(i) To express \(8 \cos \theta - 15 \sin \theta\) in the form \(R \cos(\theta + \alpha)\), we use the identity:

\(a \cos \theta + b \sin \theta \equiv R \cos(\theta - \alpha)\)

where \(R = \sqrt{a^2 + b^2}\) and \(\tan \alpha = \frac{b}{a}\).

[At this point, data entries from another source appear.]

//! Edit units of one size that lie side by side (ST 377-1, Edit Unit Byte Count; this project's profile).
ghost use Rattle.std.specs.Prelude.{◌≡◌, ◌↔◌, ◌+◌, ◌-◌, ◌*◌, ◌<◌, ◌≤◌, ◌^◌, ℕ, IfNone, IfSome, IsTrue, Some};
ghost use Rattle.mxf_catalogue.specs.Runs.{LiesIn};
ghost use Rattle.mxf_places.specs.Held.{IsHeld};
ghost use Rattle.std.specs.List.{list_all, list_any};
ghost use Rattle.mxf_units.specs.EvenUnits.{AreAtHandTogether, AreEven, AreHeldTogether, AreNeitherTogether};
ghost use Rattle.mxf_units.specs.EvenUnits.{EvenParts, IsCommon, counts_by, counts_of, counts_of_standing, even_location};
ghost use Rattle.mxf_units.specs.EvenUnits.{common_size, has_both, has_entries, is_of_size, lists_units, told_zone};
ghost use Rattle.mxf_units.specs.Ranges.{units_from};
ghost use Rattle.mxf_units.specs.Units.{file_offset, standing_in, unit_of};

use crate::essence_zone::EssenceZone;
use crate::location::{
    are_all_held, are_all_known, file_offset, is_any_disputed, is_any_known, is_told,
};
use crate::range::GREATEST_UNIT;
use crate::standing::UnitStanding;
use crate::units::Units;
use mxf_catalogue::Cover;
use mxf_places::Holdings;
use mxf_views::SegmentAt;
use std::marker::Model;

/// How many edit units are held, and how many others at hand.
#[derive(Clone, Copy, Debug, PartialEq, Eq)]
pub struct UnitCounts {
    pub held: u64,
    pub hand: u64,
}

/// How all of some units stand: all are held, all are at hand, or none is either.
#[derive(Clone, Copy)]
enum Common {
    Held,
    Hand,
    Neither,
}

/// Edit units of one size that lie side by side in one essence zone, from a first one up to a later one.
#[derive(Drop)]
pub struct EvenUnits<'a> {
    units: &'a Units<'a>,
    first: u64,
    last: u64,
    size: u32,
    zone: EssenceZone,
}

impl<'a> Model for EvenUnits<'a> {
    ghost use Rattle.mxf_units.specs.EvenUnits.{AreEven, EvenParts};

    ghost Value = { EvenParts };

    ghost view = { λ e. record {
      units = e.units.now;
      first = e.first;
      last = e.last;
      size = e.size;
      zone = e.zone;
    } };

    ghost invariant = { λ e. AreEven (record {
      units = e.units.now;
      first = e.first;
      last = e.last;
      size = e.size;
      zone = e.zone;
    }) };
}

impl<'a> EvenUnits<'a> {
    /// The units of an index from one up to a later one, if they lie side by side. It takes no memory, and looks at each
    /// segment of the index.
    pub fn of(units: &'a Units<'a>, first: u64, last: u64) -> Option<EvenUnits<'a>>
        ensures some { IfSome result (λ e. (e.units ≡ units.now) × ((e.first ≡ first) × (e.last ≡ last))) }
        ensures even { IfSome result AreEven }
        ensures none { IfNone result ((e : EvenParts) → e.units ≡ units.now → e.first ≡ first → e.last ≡ last
            → ¬ AreEven e) }
    {
        let segments = units.segments();
        let (size, _) = common_size(segments)?;
        let zone = told_zone(units, first)?;
        if last <= first || last > GREATEST_UNIT || size == 0 {
            return None;
        }
        if !is_told_in(units, last, zone) || !gives_both(segments, first, last) {
            return None;
        }
        Some(EvenUnits {
            units,
            first,
            last,
            size,
            zone,
        })
    }

    /// The first of them.
    pub fn first(&self) -> u64
        ensures { result ≡ self.now.first }
    {
        self.first
    }

    /// The last of them.
    pub fn last(&self) -> u64
        ensures { result ≡ self.now.last }
    {
        self.last
    }

    /// How many of them are held, and how many others at hand. It takes no memory, and n log n of the packets and runs
    /// that they lie in.
    pub fn counts(&self) -> UnitCounts
        ensures counts { result
            ≡ counts_of (units_from self.now.units self.now.first (self.now.last - self.now.first + 1)) }
        ensures bound { result.held + result.hand ≤ self.now.last - self.now.first + 1 }
    {
        let before = self.counts_from(self.first, self.last - self.first);
        let last = count_of(self.units.unit(self.last).standing);
        UnitCounts {
            held: before.held + last.held,
            hand: before.hand + last.hand,
        }
    }

    /// How many of so many of them from one on are held, and how many at hand, if the last isn't among them.
    fn counts_from(&self, from: u64, count: u64) -> UnitCounts
        requires low { self.now.first ≤ from }
        requires high { from + count ≤ self.now.last }
        ensures counts { result ≡ counts_of (units_from self.now.units from count) }
        ensures bound { result.held + result.hand ≤ count }
    {
        if count == 0 {
            return UnitCounts { held: 0, hand: 0 };
        }
        if count == 1 {
            return count_of(self.units.unit(from).standing);
        }
        if let Some(common) = self.common(from, count) {
            return counts_by(common, count);
        }
        let half = count / 2;
        let before = self.counts_from(from, half);
        let behind = self.counts_from(from + half, count - half);
        UnitCounts {
            held: before.held + behind.held,
            hand: before.hand + behind.hand,
        }
    }

    /// How so many of them from one on stand, if the last isn't among them, and if their bytes together say it.
    fn common(&self, from: u64, count: u64) -> Option<Common>
        requires low { self.now.first ≤ from }
        requires high { from + count ≤ self.now.last }
        ensures { IfSome result (λ common. (k : ℕ) → from ≤ k → k < from + count
            → IsCommon common (unit_of self.now.units.known self.now.units.index_sid k).standing) }
    {
        let units = self.units;
        let start = self.start_of(from);
        let end = self.start_of(from + count);
        if are_held(units, start, end) {
            return Some(Common::Held);
        }
        if are_at_hand(units, start, end) {
            return Some(Common::Hand);
        }
        if are_neither(units, start, end) {
            return Some(Common::Neither);
        }
        None
    }

    /// The file offset, in bytes, at which one of them begins.
    fn start_of(&self, unit: u64) -> u128
        ensures { result ≡ file_offset self.now.zone (self.now.size * unit) }
    {
        file_offset(self.zone, u128::from(self.size) * u128::from(unit))
    }
}

/// Whether a segment of the index lists units, each by an entry. It takes no memory, and looks at each segment.
pub fn lists_units(units: &Units<'_>) -> bool
    ensures { result ≡ lists_units units.now }
{
    has_entries_any(units.segments())
}

/// Whether one of the segments has an entry.
fn has_entries_any(segments: &[SegmentAt<'_>]) -> bool
    ensures { result ≡ list_any has_entries segments.now }
{
    segments.iter().any(has_entries)
}

/// Whether a segment has an entry.
fn has_entries(segment: &SegmentAt<'_>) -> bool
    ensures { result ≡ has_entries segment.now }
{
    segment.segment.entry_count() > 0
}

/// The size of units, in bytes, and the stream that all segments have, if there are segments.
fn common_size(segments: &[SegmentAt<'_>]) -> Option<(u32, u32)>
    ensures { result ≡ common_size segments.now }
{
    let numbers = segments.first()?.segment.numbers();
    let (size, body_sid) = (numbers.unit_bytes, numbers.body_sid);
    if are_of_size(segments, size, body_sid) {
        Some((size, body_sid))
    } else {
        None
    }
}

/// Whether all segments have units of a size, in bytes, in a stream.
fn are_of_size(segments: &[SegmentAt<'_>], size: u32, body_sid: u32) -> bool
    ensures { result ≡ list_all (is_of_size size body_sid) segments.now }
{
    segments
        .iter()
        .all(|segment| is_of_size(segment, size, body_sid))
}

/// Whether a segment has units of a size, in bytes, in a stream.
fn is_of_size(segment: &SegmentAt<'_>, size: u32, body_sid: u32) -> bool
    ensures { result ≡ is_of_size size body_sid segment.now }
{
    let numbers = segment.segment.numbers();
    numbers.unit_bytes == size && numbers.body_sid == body_sid
}

/// Whether one of the segments gives a place to each of two units.
fn gives_both(segments: &[SegmentAt<'_>], first: u64, last: u64) -> bool
    ensures { result ≡ list_any (has_both first last) segments.now }
{
    segments
        .iter()
        .any(|segment| has_both(segment, first, last))
}

/// Whether a segment gives a place to each of two units.
fn has_both(segment: &SegmentAt<'_>, first: u64, last: u64) -> bool
    ensures { result ≡ has_both first last segment.now }
{
    segment.segment.offset_of(first).is_some() && segment.segment.offset_of(last).is_some()
}

/// The essence zone in which a unit lies, if it is given where.
fn told_zone(units: &Units<'_>, unit: u64) -> Option<EssenceZone>
    ensures { result ≡ told_zone units.now unit }
{
    match units.location(unit) {
        Ok(location) if is_told(units.unit(unit).standing) => Some(location.zone),
        _ => None,
    }
}

/// Whether a unit lies in an essence zone, and it is given where.
fn is_told_in(units: &Units<'_>, unit: u64, zone: EssenceZone) -> bool
    ensures { IsTrue result ↔ (told_zone units.now unit ≡ Some zone) }
{
    match told_zone(units, unit) {
        Some(other) => is_same_zone(other, zone),
        None => false,
    }
}

/// Whether two essence zones are one.
fn is_same_zone(zone: EssenceZone, other: EssenceZone) -> bool
    ensures { IsTrue result ↔ (zone ≡ other) }
{
    zone == other
}

/// Whether all offsets from one up to another, in bytes, are held, none is disputed, and essence can lie at each.
fn are_held(units: &Units<'_>, from: u128, to: u128) -> bool
    ensures { IsTrue result → AreHeldTogether units.now from to }
{
    are_all_held(units.holdings(), from, to)
        && !is_any_disputed(units.holdings(), from, to)
        && !meets(units.beside(), from, to)
}

/// Whether all offsets from one up to another, in bytes, are held or at hand, and none is held.
fn are_at_hand(units: &Units<'_>, from: u128, to: u128) -> bool
    ensures { IsTrue result → AreAtHandTogether units.now from to }
{
    are_all_known(units.known(), from, to) && !is_any_held(units.holdings(), from, to)
}

/// Whether no offset from one up to another, in bytes, is held or at hand, or all are disputed, or essence can lie at
/// none.
fn are_neither(units: &Units<'_>, from: u128, to: u128) -> bool
    ensures { IsTrue result → AreNeitherTogether units.now from to }
{
    !is_any_known(units.known(), from, to)
        || has_all(units.holdings().disputed(), from, to)
        || has_all(units.beside(), from, to)
}

/// Whether an offset from one up to another, in bytes, is held.
fn is_any_held(holdings: &Holdings<'_>, from: u128, to: u128) -> bool
    ensures { IsTrue result ↔ ((at : ℕ) × IsHeld holdings.now at × (from ≤ at) × (at < to)) }
{
    let end = u128::from(holdings.held_end());
    from < end && holdings.is_any_held(from as u64, to.min(end) as u64)
}

/// Whether an offset from one up to another, in bytes, is in the set.
fn meets(set: &Cover, from: u128, to: u128) -> bool
    ensures { IsTrue result ↔ ((at : ℕ) × LiesIn set.now at × (from ≤ at) × (at < to)) }
{
    let end = u128::from(set.end());
    from < end && set.meets(from as u64, to.min(end) as u64)
}

/// Whether all offsets from one up to another, in bytes, are in the set.
fn has_all(set: &Cover, from: u128, to: u128) -> bool
    ensures { IsTrue result ↔ ((at : ℕ) → from ≤ at → at < to → LiesIn set.now at) }
{
    from >= to || (to <= u128::from(set.end()) && set.has_all(from as u64, to as u64))
}

/// How many units one that stands so is.
fn count_of(standing: UnitStanding) -> UnitCounts
    ensures counts { result ≡ counts_of_standing standing }
    ensures bound { result.held + result.hand ≤ 1 }
{
    match standing {
        UnitStanding::Held => UnitCounts { held: 1, hand: 0 },
        UnitStanding::Hand => UnitCounts { held: 0, hand: 1 },
        _ => UnitCounts { held: 0, hand: 0 },
    }
}

/// How many units so many are that stand so.
fn counts_by(common: Common, count: u64) -> UnitCounts
    ensures counts { result ≡ counts_by common count }
    ensures bound { result.held + result.hand ≤ count }
{
    match common {
        Common::Held => UnitCounts {
            held: count,
            hand: 0,
        },
        Common::Hand => UnitCounts {
            held: 0,
            hand: count,
        },
        Common::Neither => UnitCounts { held: 0, hand: 0 },
    }
}

/// A law of [`Units::unit`](crate::Units::unit): each unit but the last of some that lie side by side lies at its number
/// times their size, as far as the next one, and stands as these bytes do.
pub fn even_units_by_definition()
    ensures { (p : EvenParts) (k : ℕ) → AreEven p → p.first ≤ k → k < p.last
        → (unit_of p.units.known p.units.index_sid k).standing
        ≡ standing_in p.units.known (even_location p.zone p.size k) }
{}
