//! Edit units, and where they are looked for.
use crate::location::Location;
use crate::standing::UnitStanding;
use crate::unit::EditUnit;
use mxf_views::StreamPlace;

/// An edit unit, its place in its stream, and where it is looked for, each as far as it is known.
#[derive(Clone, Copy)]
pub struct PlacedUnit {
    pub unit: EditUnit,
    /// As [`Units::place`](crate::Units::place) says it.
    pub place: Result<StreamPlace, UnitStanding>,
    /// As [`Units::location`](crate::Units::location) says it.
    pub location: Result<Location, UnitStanding>,
}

Here, \(a = 8\) and \(b = -15\).

Calculate \(R\):

\(R = \sqrt{8^2 + (-15)^2} = \sqrt{64 + 225} = \sqrt{289} = 17\)

Calculate \(\alpha\):

\(\tan \alpha = \frac{-15}{8}\)

\(\alpha = \tan^{-1}\left(\frac{-15}{8}\right) \approx 61.93^\circ\)

(ii) Solve \(8 \cos 2x - 15 \sin 2x = 4\).

Using the result from part (i), express the equation as:

\(17 \cos(2x + 61.93^\circ) = 4\)

\(\cos(2x + 61.93^\circ) = \frac{4}{17}\)

\(2x + 61.93^\circ = \cos^{-1}\left(\frac{4}{17}\right) \approx 76.39^\circ\)

\(2x = 76.39^\circ - 61.93^\circ = 14.46^\circ\)

\(x = \frac{14.46^\circ}{2} = 7.23^\circ\)

For the second solution:

\(2x + 61.93^\circ = 360^\circ - 76.39^\circ = 283.61^\circ\)

\(2x = 283.61^\circ - 61.93^\circ = 221.68^\circ\)

\(x = \frac{221.68^\circ}{2} = 110.84^\circ\)

Thus, the solutions are \(x = 7.2^\circ\) and \(x = 110.8^\circ\).